#### GIVEN DATA

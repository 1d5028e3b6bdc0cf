//! Rows of rows that grow item by item.
ghost use Rattle.std.specs.Prelude.{◌≡◌, ◌<◌, [], length, slice_set, OnOk, IfOk, IfErr, ℕ, slice_index_or};
ghost use Rattle.uc_components.specs.Rows.{lists, pushed};

use std::alloc::{AllocError, Global};

/// As many empty rows as asked for.
pub fn empty_rows<T: Drop>(alloc: Global, count: usize) -> Result<Vec<Vec<T>>, AllocError>
    ensures len { IfOk result (λ rows. length (lists rows) ≡ count) }
    ensures empty { IfOk result (λ rows. (at : ℕ) → slice_index_or (lists rows) at [] ≡ []) }
{
    let mut rows = Vec::new(alloc);
    for _ in 0..count {
        rows.push(Vec::new(alloc))?;
    }
    Ok(rows)
}

/// Adds an item at the end of a row.
pub fn push_at<T: Drop>(rows: &mut Vec<Vec<T>>, at: usize, item: T) -> Result<(), AllocError>
    requires { at < length (lists rows.old) }
    ensures { OnOk result (lists rows.new ≡ pushed (lists rows.old) at item) }
{
    rows[at].push(item)?;
    Ok(())
}

/// A row.
pub fn row_at<T>(rows: &Vec<Vec<T>>, at: usize) -> &[T]
    requires { at < length (lists rows.now) }
    ensures { result.now ≡ slice_index_or (lists rows.now) at [] }
{
    rows[at].as_slice()
}

/// Takes a row out, and leaves an empty one.
pub fn take_row<T: Drop>(alloc: Global, rows: &mut Vec<Vec<T>>, at: usize) -> Vec<T>
    requires { at < length (lists rows.old) }
    ensures items { result.items ≡ slice_index_or (lists rows.old) at [] }
    ensures rows { lists rows.new ≡ slice_set (lists rows.old) at [] }
{
    std::mem::replace(&mut rows[at], Vec::new(alloc))
}
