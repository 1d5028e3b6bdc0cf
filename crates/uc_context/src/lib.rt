//! Typing contexts: ordered lists of variables with what stands for them.
#![tactic(auto)]

mod applying;
mod closing;
mod context;
mod copying;
mod counting;
mod entry;
mod equality;
mod generalising;
mod index;
mod looking;
mod numbers;
mod occurring;
mod open;
mod places;
mod solving;
#[cfg(test)]
mod tests;
mod variables;

pub use context::Context;
pub use copying::copy_opens;
pub use counting::{TYPE_LEVEL_LIMIT, TYPE_NODE_LIMIT, is_small, open_levels, open_nodes};
pub use entry::{Entry, same_entry};
pub use equality::same_open;
pub use open::{Open, OpenNode};
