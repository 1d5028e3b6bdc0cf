//! Types with existentials quantified at the front.
ghost use Rattle.std.specs.Prelude.{◌≡◌, ◌+◌, ◌<◌, ◌^◌, ◌⊎◌, length, IfOk, IfErr};
ghost use Rattle.uc_base.specs.declared.fault.Fault.TheVariants.{Memory, TypeTooLarge};
ghost use Rattle.uc_base.specs.declared.place.At.TheVariants.{Nowhere};
ghost use Rattle.uc_context.specs.Counts.{levels_of_open, levels_of_opens, IsSmall};
ghost use Rattle.uc_context.specs.Generalising.{bound_by, all_bound_at, each_bound_at, behind_quantifiers, generalised};
ghost use Rattle.uc_context.specs.Opens.{opens_of};

use crate::counting::{TYPE_LEVEL_LIMIT, TYPE_NODE_LIMIT, open_levels, open_nodes};
use crate::open::{Open, OpenNode};
use std::alloc::{AllocError, Global};
use uc_base::{At, Fault};

/// What stands for an existential under so many quantifiers.
fn bind(numbers: &[u64], k: u32, x: u64) -> Open
    requires { length numbers.now + k < 2 ^ 32 }
    ensures { result ≡ bound_by numbers.now k x }
{
    for (place, number) in numbers.iter().enumerate() {
        if *number == x {
            return Open::bound((numbers.len() - 1 - place) as u32 + k);
        }
    }
    Open::existential(x)
}

#[cycle(bind_all)]
#[tactic(auto, using(crate::proofs::Sizes::parts))]
fn bind_all(alloc: Global, numbers: &[u64], k: u32, t: &Open) -> Result<Open, AllocError>
    requires { length numbers.now + k + levels_of_open t.now < 2 ^ 32 }
    ensures { IfOk result (λ u. u ≡ all_bound_at numbers.now k t.now) }
{
    match &t.node {
        OpenNode::Bound(i) => Ok(Open::bound(*i)),
        OpenNode::Rigid(x) => Ok(Open::rigid(*x)),
        OpenNode::Exists(x) => Ok(bind(numbers, k, *x)),
        OpenNode::Forall(a) => {
            let a = bind_all(alloc, numbers, k + 1, a)?;
            Open::forall(alloc, a)
        }
        OpenNode::Arrow(a, b) => {
            let a = bind_all(alloc, numbers, k, a)?;
            let b = bind_all(alloc, numbers, k, b)?;
            Open::arrow(alloc, a, b)
        }
        OpenNode::Unit => Ok(Open::unit()),
        OpenNode::Tuple(ts) => {
            let ts = bind_each(alloc, numbers, k, ts)?;
            Ok(Open::tuple(ts))
        }
        OpenNode::Data(x, ts) => {
            let ts = bind_each(alloc, numbers, k, ts)?;
            Ok(Open::data(*x, ts))
        }
    }
}

#[cycle(bind_all)]
#[tactic(auto, using(crate::proofs::Sizes::parts))]
fn bind_each(alloc: Global, numbers: &[u64], k: u32, ts: &[Open]) -> Result<Vec<Open>, AllocError>
    requires { length numbers.now + k + levels_of_opens (opens_of ts.now) < 2 ^ 32 }
    ensures { IfOk result (λ us. opens_of us.items ≡ each_bound_at numbers.now k (opens_of ts.now)) }
{
    let mut bound = Vec::new(alloc);
    for t in ts {
        bound.push(bind_all(alloc, numbers, k, t)?)?;
    }
    Ok(bound)
}

/// Puts a quantifier in front for each number.
fn quantify(alloc: Global, numbers: &[u64], t: Open) -> Result<Open, AllocError>
    ensures { IfOk result (λ u. u ≡ behind_quantifiers numbers.now t) }
{
    match numbers {
        [] => Ok(t),
        [_, rest @ ..] => Open::forall(alloc, quantify(alloc, rest, t)?),
    }
}

impl Open {
    /// The type with the given existentials quantified at its front, the first of them outermost.
    #[tactic(auto, using(crate::proofs::Generalised::sizes))]
    pub fn generalised(&self, alloc: Global, numbers: &[u64]) -> Result<Open, Fault>
        ensures ok { IfOk result (λ t. (t ≡ generalised numbers.now self.now) × IsSmall t) }
        ensures err { IfErr result (λ fault. (fault ≡ Memory) ⊎ ((fault ≡ TypeTooLarge Nowhere) × ¬ IsSmall (generalised numbers.now self.now))) }
    {
        let more = numbers.len() as u64;
        let nodes = open_nodes(self).saturating_add(more);
        let levels = (open_levels(self) as u64).saturating_add(more);
        if nodes > TYPE_NODE_LIMIT || levels > TYPE_LEVEL_LIMIT as u64 {
            return Err(Fault::TypeTooLarge(At::Nowhere));
        }
        let bound = bind_all(alloc, numbers, 0, self)?;
        Ok(quantify(alloc, numbers, bound)?)
    }
}
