//! Copies of types.
ghost use Rattle.std.specs.Prelude.{◌≡◌, IfOk};

use crate::open::{Open, OpenNode};
use std::alloc::{AllocError, Global};

impl Open {
    #[cycle(copy_open)]
    #[tactic(auto, using(crate::proofs::Sizes::parts))]
    pub fn copy(&self, alloc: Global) -> Result<Open, AllocError>
        ensures { IfOk result (λ t. t ≡ self.now) }
    {
        match &self.node {
            OpenNode::Bound(i) => Ok(Open::bound(*i)),
            OpenNode::Rigid(x) => Ok(Open::rigid(*x)),
            OpenNode::Exists(x) => Ok(Open::existential(*x)),
            OpenNode::Forall(a) => Open::forall(alloc, a.copy(alloc)?),
            OpenNode::Arrow(a, b) => Open::arrow(alloc, a.copy(alloc)?, b.copy(alloc)?),
            OpenNode::Unit => Ok(Open::unit()),
            OpenNode::Tuple(ts) => Ok(Open::tuple(copy_opens(alloc, ts)?)),
            OpenNode::Data(x, ts) => Ok(Open::data(*x, copy_opens(alloc, ts)?)),
        }
    }
}

#[cycle(copy_open)]
#[tactic(auto, using(crate::proofs::Sizes::parts))]
pub fn copy_opens(alloc: Global, types: &[Open]) -> Result<Vec<Open>, AllocError>
    ensures { IfOk result (λ ts. ts.items ≡ types.now) }
{
    let mut copied = Vec::new(alloc);
    for t in types {
        copied.push(t.copy(alloc)?)?;
    }
    Ok(copied)
}
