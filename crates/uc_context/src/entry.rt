//! The entries of a context.
ghost use Rattle.std.specs.Prelude.{◌≡◌};
ghost use Rattle.std.specs.Option.{option_copied};
ghost use Rattle.uc_context.specs.Entries.{number_of, is_same_entry, is_rigid, is_unsolved, declares, is_binder};
ghost use Rattle.uc_context.specs.Looking.{solution_in, type_in};

use crate::open::Open;

/// An entry of a context, with its number.
#[derive(Debug, Drop)]
pub enum Entry {
    /// A rigid variable.
    Rigid(u64),
    /// An existential that isn't solved.
    Exists(u64),
    /// An existential with what it stands for.
    Solved(u64, Open),
    /// A marker.
    Mark(u64),
    /// A variable of a term with its type.
    Binder(u64, Open),
}

impl Entry {
    pub fn number(&self) -> u64
        ensures { result ≡ number_of self.now }
    {
        match self {
            Entry::Rigid(x) | Entry::Exists(x) | Entry::Solved(x, _) => *x,
            Entry::Mark(x) | Entry::Binder(x, _) => *x,
        }
    }

    /// Whether it is the rigid variable with a number.
    pub(crate) fn is_rigid(&self, x: u64) -> bool
        ensures { result ≡ is_rigid x self.now }
    {
        match self {
            Entry::Rigid(y) => *y == x,
            _ => false,
        }
    }

    /// Whether it is the existential with a number, and not solved.
    pub(crate) fn is_unsolved(&self, x: u64) -> bool
        ensures { result ≡ is_unsolved x self.now }
    {
        match self {
            Entry::Exists(y) => *y == x,
            _ => false,
        }
    }

    /// Whether it is the existential with a number, solved or not.
    pub(crate) fn declares(&self, x: u64) -> bool
        ensures { result ≡ declares x self.now }
    {
        match self {
            Entry::Exists(y) | Entry::Solved(y, _) => *y == x,
            _ => false,
        }
    }

    /// Whether it is a binder with a number.
    pub(crate) fn is_binder(&self, x: u64) -> bool
        ensures { result ≡ is_binder x self.now }
    {
        match self {
            Entry::Binder(y, _) => *y == x,
            _ => false,
        }
    }

    /// What the existential stands for, where it is a solved one.
    pub(crate) fn solution(&self) -> Option<&Open>
        ensures { option_copied result ≡ solution_in self.now }
    {
        match self {
            Entry::Solved(_, t) => Some(t),
            _ => None,
        }
    }

    /// The type of the variable, where it is a binder.
    pub(crate) fn binder_type(&self) -> Option<&Open>
        ensures { option_copied result ≡ type_in self.now }
    {
        match self {
            Entry::Binder(_, t) => Some(t),
            _ => None,
        }
    }
}

/// Whether two entries are the same.
pub fn same_entry(first: &Entry, second: &Entry) -> bool
    ensures { result ≡ is_same_entry first.now second.now }
{
    match (first, second) {
        (Entry::Rigid(x), Entry::Rigid(y)) => *x == *y,
        (Entry::Exists(x), Entry::Exists(y)) => *x == *y,
        (Entry::Solved(x, s), Entry::Solved(y, t)) => *x == *y && *s == *t,
        (Entry::Mark(x), Entry::Mark(y)) => *x == *y,
        (Entry::Binder(x, s), Entry::Binder(y, t)) => *x == *y && *s == *t,
        _ => false,
    }
}
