//! Places by number.
ghost use Rattle.std.specs.Prelude.{◌≡◌, ℕ, ◌≤◌, max, length, [], slice_set, OnOk, Option};
ghost use Rattle.uc_context.specs.Index.{place_at};

use std::alloc::{AllocError, Global};
use std::marker::Model;

/// For each number a place, where one is noted.
#[derive(Debug, Drop)]
pub(crate) struct Places {
    by_number: Vec<Option<usize>>,
}

impl Model for Places {
    ghost use Rattle.std.specs.Prelude.{List, Option, ℕ};

    ghost Value = { List (Option ℕ) };

    ghost view = { λ p. p.by_number.items };
}

impl Places {
    pub(crate) fn new(alloc: Global) -> Places
        ensures { result ≡ [] }
    {
        Places {
            by_number: Vec::new(alloc),
        }
    }

    /// The place that is noted for a number.
    pub(crate) fn get(&self, x: u64) -> Option<usize>
        ensures { result ≡ place_at self.now x }
    {
        match self.by_number.get(x as usize) {
            Some(place) => *place,
            None => None,
        }
    }

    /// Makes room for the numbers below a bound.
    pub(crate) fn make_room(&mut self, up_to: usize) -> Result<(), AllocError>
        ensures kept { (x : ℕ) → place_at self.new x ≡ place_at self.old x }
        ensures longer { length self.old ≤ length self.new }
        ensures bound { length self.new ≤ max (length self.old) up_to }
        ensures ok { OnOk result (up_to ≤ length self.new) }
    {
        if up_to > self.by_number.len() {
            self.by_number.resize(up_to, None)?;
        }
        Ok(())
    }

    /// Notes a place, or that there is none; nothing for a number that there is no room for.
    pub(crate) fn put(&mut self, x: u64, place: Option<usize>)
        ensures { self.new ≡ slice_set self.old x place }
    {
        let at = x as usize;
        if at < self.by_number.len() {
            self.by_number[at] = place;
        }
    }
}
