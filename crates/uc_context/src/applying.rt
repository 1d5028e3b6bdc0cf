//! Types with solutions put in.
ghost use Rattle.std.specs.Prelude.{◌≡◌, ℕ, ◌⊎◌, true, None, IfOk, IfErr};
ghost use Rattle.std.specs.Option.{option_copied};
ghost use Rattle.uc_base.specs.declared.fault.Fault.TheVariants.{Memory, TypeTooLarge};
ghost use Rattle.uc_base.specs.declared.place.At.TheVariants.{Nowhere};
ghost use Rattle.uc_context.specs.Contexts.{type_under, types_under, solution_of};
ghost use Rattle.uc_context.specs.Counts.{IsSmall};
ghost use Rattle.uc_context.specs.Opens.{opens_of};
ghost use Rattle.uc_context.specs.Variables.{mentions};
ghost use Rattle.uc_context.specs.Applying.{front_solution, IsSettled, IsWithin, IsPast, AreWithin, ArePast};

use crate::context::Context;
use crate::counting::{TYPE_LEVEL_LIMIT, TYPE_NODE_LIMIT};
use crate::open::{Open, OpenNode};
use std::alloc::Global;
use uc_base::{At, Fault};

impl Context {
    /// What a type stands for that is a solved existential.
    fn front_solution(&self, of: &Open) -> Option<&Open>
        ensures { option_copied result ≡ front_solution self.now of.now }
    {
        match &of.node {
            OpenNode::Exists(x) => self.solution(*x),
            _ => None,
        }
    }

    /// A type, or what it stands for in the end where it is a solved existential.
    fn followed<'a>(&'a self, of: &'a Open) -> &'a Open
        ensures same { type_under self.now result.now ≡ type_under self.now of.now }
        ensures settled { IsSettled self.now result.now }
    {
        self.tell_in_order();
        let mut front = of;
        while let Some(next) = self.front_solution(front) {
            front = next;
        }
        front
    }

    /// A type with the solutions put in, within so many levels and in a room for so many nodes.
    #[cycle(build)]
    fn build(&self, alloc: Global, of: &Open, levels: u32, room: &mut u64) -> Result<Open, Fault>
        ensures ok { IfOk result (λ t. (t ≡ type_under self.now of.now) × IsWithin levels room.old room.new t) }
        ensures err { IfErr result (IsPast levels room.old (type_under self.now of.now)) }
    {
        if levels == 0 || *room == 0 {
            return Err(Fault::TypeTooLarge(At::Nowhere));
        }
        *room -= 1;
        match &self.followed(of).node {
            OpenNode::Bound(i) => Ok(Open::bound(*i)),
            OpenNode::Rigid(x) => Ok(Open::rigid(*x)),
            OpenNode::Exists(x) => Ok(Open::existential(*x)),
            OpenNode::Forall(t) => {
                let t = self.build(alloc, t, levels - 1, room)?;
                Ok(Open::forall(alloc, t)?)
            }
            OpenNode::Arrow(a, b) => {
                let a = self.build(alloc, a, levels - 1, room)?;
                let b = self.build(alloc, b, levels - 1, room)?;
                Ok(Open::arrow(alloc, a, b)?)
            }
            OpenNode::Unit => Ok(Open::unit()),
            OpenNode::Tuple(ts) => {
                let ts = self.build_all(alloc, ts, levels - 1, room)?;
                Ok(Open::tuple(ts))
            }
            OpenNode::Data(x, ts) => {
                let ts = self.build_all(alloc, ts, levels - 1, room)?;
                Ok(Open::data(*x, ts))
            }
        }
    }

    #[cycle(build)]
    fn build_all(
        &self,
        alloc: Global,
        ts: &[Open],
        levels: u32,
        room: &mut u64,
    ) -> Result<Vec<Open>, Fault>
        ensures ok { IfOk result (λ us. (opens_of us.items ≡ types_under self.now (opens_of ts.now)) × AreWithin levels room.old room.new (opens_of us.items)) }
        ensures err { IfErr result (ArePast levels room.old (types_under self.now (opens_of ts.now))) }
    {
        let mut built = Vec::new(alloc);
        for t in ts {
            built.push(self.build(alloc, t, levels, room)?)?;
        }
        Ok(built)
    }

    /// A type with the solutions put in until none is left.
    #[tactic(auto, using(crate::proofs::Unsolved::unsolved))]
    pub fn apply(&self, alloc: Global, of: &Open) -> Result<Open, Fault>
        ensures ok { IfOk result (λ t. (t ≡ type_under self.now of.now) × IsSmall t) }
        ensures unsolved { IfOk result (λ t. (x : ℕ) → mentions x t ≡ true → solution_of self.now x ≡ None) }
        ensures err { IfErr result (λ fault. (fault ≡ Memory) ⊎ ((fault ≡ TypeTooLarge Nowhere) × ¬ IsSmall (type_under self.now of.now))) }
    {
        self.tell_in_order();
        let mut room = TYPE_NODE_LIMIT;
        self.build(alloc, of, TYPE_LEVEL_LIMIT, &mut room)
    }
}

########

> WORK REQUEST
Reproduce only the lines above, starting at the line with "A rigid variable." and ending at the line with "Entry::Rigid(y) => *y", exactly as written.

> YOUR RESPONSE
    /// A rigid variable.
    Rigid(u64),
    /// An existential that isn't solved.
    Exists(u64),
    /// An existential with what it stands for.
    Solved(u64, Open),
    /// A marker.
    Mark(u64),
    /// A variable of a term with its type.
    Binder(u64, Open),
}

impl Entry {
    pub fn number(&self) -> u64
        ensures { result ≡ number_of self.now }
    {
        match self {
            Entry::Rigid(x) | Entry::Exists(x) | Entry::Solved(x, _) => *x,
            Entry::Mark(x) | Entry::Binder(x, _) => *x,
        }
    }

    /// Whether it is the rigid variable with a number.
    pub(crate) fn is_rigid(&self, x: u64) -> bool
        ensures { result ≡ is_rigid x self.now }
    {
        match self {
            Entry::Rigid(y) => *y == x,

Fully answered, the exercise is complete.